再过一个月就到了立秋,这时候离粟米的收获期就不远了,在农村中历来有在秋收后婚嫁迎娶的习俗,这个时节也是大家盖新房的高峰期。胡戈知道农村的土坯房对土壤的要求很高,必须选择粘性很大的良田土,然后反复打压使其平整有看相,再在风干成砖后,由熟练的泥瓦匠砌成土墙。但如果这个时候自己的砖头可以烧制成功,正好可以代替良田土给大家盖房,让村里人告别潮湿的土坯房而般进敞亮的砖瓦房,胡戈被自己这个构想的前景触动了。
“军爷,我瞧你庄上的房屋是用上好的青砖修成的,不知道这砖是在哪儿烧就的?”从思索中解脱的胡戈望着军爷问道。
“哦,这个是当年陛下派工匠连带材料一起从长安城中运送过来的,怎么,你对这青砖有兴趣?”刚才他们还说的是死地,胡戈突然问砖,军爷在心中思索着盐碱地和青砖的联系,他知道胡戈不会无的放矢的。

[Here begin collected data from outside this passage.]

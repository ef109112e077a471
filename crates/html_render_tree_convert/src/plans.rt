//! Plans of nodes: which render node a node of a document becomes, its children aside.

ghost use Rattle.std.specs.Prelude.{◌≡◌, ◌||◌, [], false, true, List, None, IfOk, IfSome, codes, map, option_copied};
ghost use Rattle.std.specs.Bool.{OnTrue};
ghost use Rattle.std.specs.Str.{bytes_eq};
ghost use Rattle.std.specs.Option.{option_map_or};
ghost use Rattle.html_render_dom_values.specs.Outcome.{OnlyOutOfMemory};
ghost use Rattle.html_render_dom_nodes.specs.Content.{name_of, property_of};
ghost use Rattle.html_render_dom.specs.Applying.{style_by};
ghost use Rattle.html_render_dom.specs.Dom.{IsForest, IsNode};
ghost use Rattle.html_render_dom.specs.ElementStyle.{element_style};
ghost use Rattle.html_render_dom.specs.declared.style.computed.ComputedStyle.{ComputedStyle as TheStyle};
ghost use Rattle.html_render_dom.specs.RuleIndex.{Finds};
ghost use Rattle.html_render_dom_styles.specs.Rules.{Rule, rule_of};
ghost use Rattle.html_render_layout_nodes.specs.RenderNodes.{without_style};
ghost use Rattle.html_render_tree_convert.specs.Conversion.{node_style, own_style};
ghost use Rattle.html_render_tree_convert.specs.ElementTexts.{has_any, no_texts};
ghost use Rattle.html_render_tree_convert.specs.Marks.{mark_of};
ghost use Rattle.html_render_tree_convert.specs.Plans.{displayed_plan, element_plan, plan_at, texts_of};
ghost use Rattle.html_render_tree_convert.specs.KnownElements.{document_element, known_element, known_style, named_plan, plain_cell, plain_plan};

use crate::attributes::{mark_attribute, mark_of};
use crate::mapping::{
    ElementKind, IfEmpty, Mapping, element_mapping, html_mapping, is, is_mapped_apart,
    is_preformatted, node_style, preformat,
};
use html_render_dom::Error;
use html_render_dom::dom::{Attribute, Handle, Namespace, NodeData, QualName, RcDom};
use html_render_dom::style::{ComputedStyle, RuleIndex, StyleRule};
use html_render_layout_nodes::text::NodeText;
use html_render_layout_nodes::tree::{NodeKind, NodeStyle, RenderNode};
use std::alloc::{AllocError, Global};

/// Texts that an element inserts.
#[derive(Drop)]
pub struct ElementTexts {
    /// Name of its fragment mark.
    pub mark: Option<NodeText>,
    /// Content in front of its children.
    pub before: Option<NodeText>,
    /// Content after its children.
    pub after: Option<NodeText>,
}

impl ElementTexts {
    /// Returns no texts.
    pub fn none() -> ElementTexts
        ensures { result ≡ no_texts }
    {
        ElementTexts {
            mark: None,
            before: None,
            after: None,
        }
    }

    /// Creates the texts of an element with this mark and this style.
    ///
    /// # Errors
    ///
    /// `AllocError` if an allocation is refused.
    pub fn of(mark: Option<NodeText>, style: &ComputedStyle) -> Result<ElementTexts, AllocError>
        ensures { IfOk result (λ texts. texts ≡ texts_of mark style.now) }
    {
        Ok(ElementTexts {
            mark,
            before: copy_of(style.content_before.val())?,
            after: copy_of(style.content_after.val())?,
        })
    }

    /// Reports whether there is a text.
    pub fn has_any(&self) -> bool
        ensures { result ≡ has_any self.now }
    {
        self.mark.is_some() || self.before.is_some() || self.after.is_some()
    }
}

/// An element that becomes a node or a part of a table.
#[derive(Drop)]
pub struct Element {
    /// What it becomes.
    pub kind: ElementKind,
    /// Style of its node.
    pub style: NodeStyle,
    /// What becomes of it if its children have no results that count.
    pub if_empty: IfEmpty,
    /// Texts that it inserts.
    pub texts: ElementTexts,
}

/// Plan of a node of a document.
#[derive(Drop)]
pub enum Plan {
    /// It becomes nothing, and its children aren't converted.
    Nothing,
    /// It becomes this node, and its children aren't converted.
    Alone(RenderNode),
    /// It is an element.
    Over {
        /// The element.
        element: Element,
        /// Whether its children are converted.
        has_children: bool,
    },
}

/// Returns the plan of an element that becomes nothing: its mark is left.
fn mark_plan(mark: Option<NodeText>) -> Plan
    ensures { result ≡ option_map_or (λ name. Plan.Alone (without_style (NodeKind.FragmentStart name))) mark Plan.Nothing }
{
    match mark {
        Some(name) => Plan::Alone(RenderNode::from(NodeKind::FragmentStart(name))),
        None => Plan::Nothing,
    }
}

/// Returns a copy of a text, if there is one.
///
/// # Errors
///
/// `AllocError` if an allocation is refused.
pub fn copy_of(text: Option<&NodeText>) -> Result<Option<NodeText>, AllocError>
    ensures { IfOk result (λ copy. copy ≡ option_copied text.entry) }
{
    match text {
        Some(text) => Ok(Some(text.clone()?)),
        None => Ok(None),
    }
}

/// Returns the plan of an element that is displayed.
fn displayed_plan(mapping: Mapping, style: NodeStyle, texts: ElementTexts) -> Plan
    ensures { (own : TheStyle) → style ≡ node_style own → texts ≡ texts_of texts.mark own → result ≡ displayed_plan mapping texts.mark own }
{
    let (kind, if_empty, has_children) = match mapping {
        Mapping::Nothing => return mark_plan(texts.mark),
        Mapping::Leaf(kind) => (ElementKind::Node(kind), IfEmpty::Stands, false),
        Mapping::Parent(kind, if_empty) => (kind, if_empty, true),
    };
    let element = Element {
        kind,
        style,
        if_empty,
        texts,
    };
    Plan::Over {
        element,
        has_children,
    }
}

/// Returns the plan of an element that has a style.
///
/// # Errors
///
/// `AllocError` if an allocation is refused.
fn styled_plan(
    mapping: Mapping,
    mark: Option<NodeText>,
    style: &ComputedStyle,
) -> Result<Plan, AllocError>
    ensures { IfOk result (λ plan. plan ≡ element_plan mapping mark style.now) }
{
    if style.display.val().is_some() {
        return Ok(Plan::Nothing);
    }
    let texts = ElementTexts::of(mark, style)?;
    Ok(displayed_plan(mapping, node_style(style), texts))
}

砖头是建筑行业不可或缺的重要材料,我国自古就有秦砖汉瓦的说法,这说明在离唐朝千年之前就有烧砖这一行当,至于在农村为什么没有普及开来,大概是因为这时制砖的工序过于复杂,导致了砖块的成本过高,一般老百姓根本负担不起,所以大家还是习惯取自己田里的土盖房,麻烦是麻烦了点,但不必花什么钱,何况劳动人民早已被生活磨砺得不怕麻烦。
“军爷,我想去趟长安,请些砖匠回来,我想开个砖窑!”见军爷说材料都来自长安,胡戈便打算往长安一趟。
“噢?怎么想到开砖窑头上去了,且将来龙去脉说来与我听听?”军爷很感兴趣的问道。
“这样说吧,其实这死地的土壤,是可以改良的,但是见效太慢,而且很费工夫,所以我就想,我们不要把精力放在如何治理它上面,死地之所以养不活庄稼,是因为在它的上层,就是靠近地面的部分,或者含盐过量,或者含碱过量,这些盐碱主要集中在地面以下大约一人高的深度内,如果我们把这些对庄稼有害的盐碱土全部挖掘出来,再在裸露的土壤外铺上一层良田土,这样,经过处理的土地就容易治理得多,而我们挖出的盐碱土,也不浪费,全部拿来烧砖,质量好的就拿来修房,质量差的全送去铺路,这样正好做到两全齐美!”
胡戈知道军爷对这些方面不是很了解,所以他解释得很细。
听着听着,原本一脸慎重的军爷惊讶的神色越来越盛,等到胡戈说完,他并没有马上回话,而是瞧着胡戈,看了半响后,方说,“圣旨上倒是说准了,嘿嘿,天生异人!”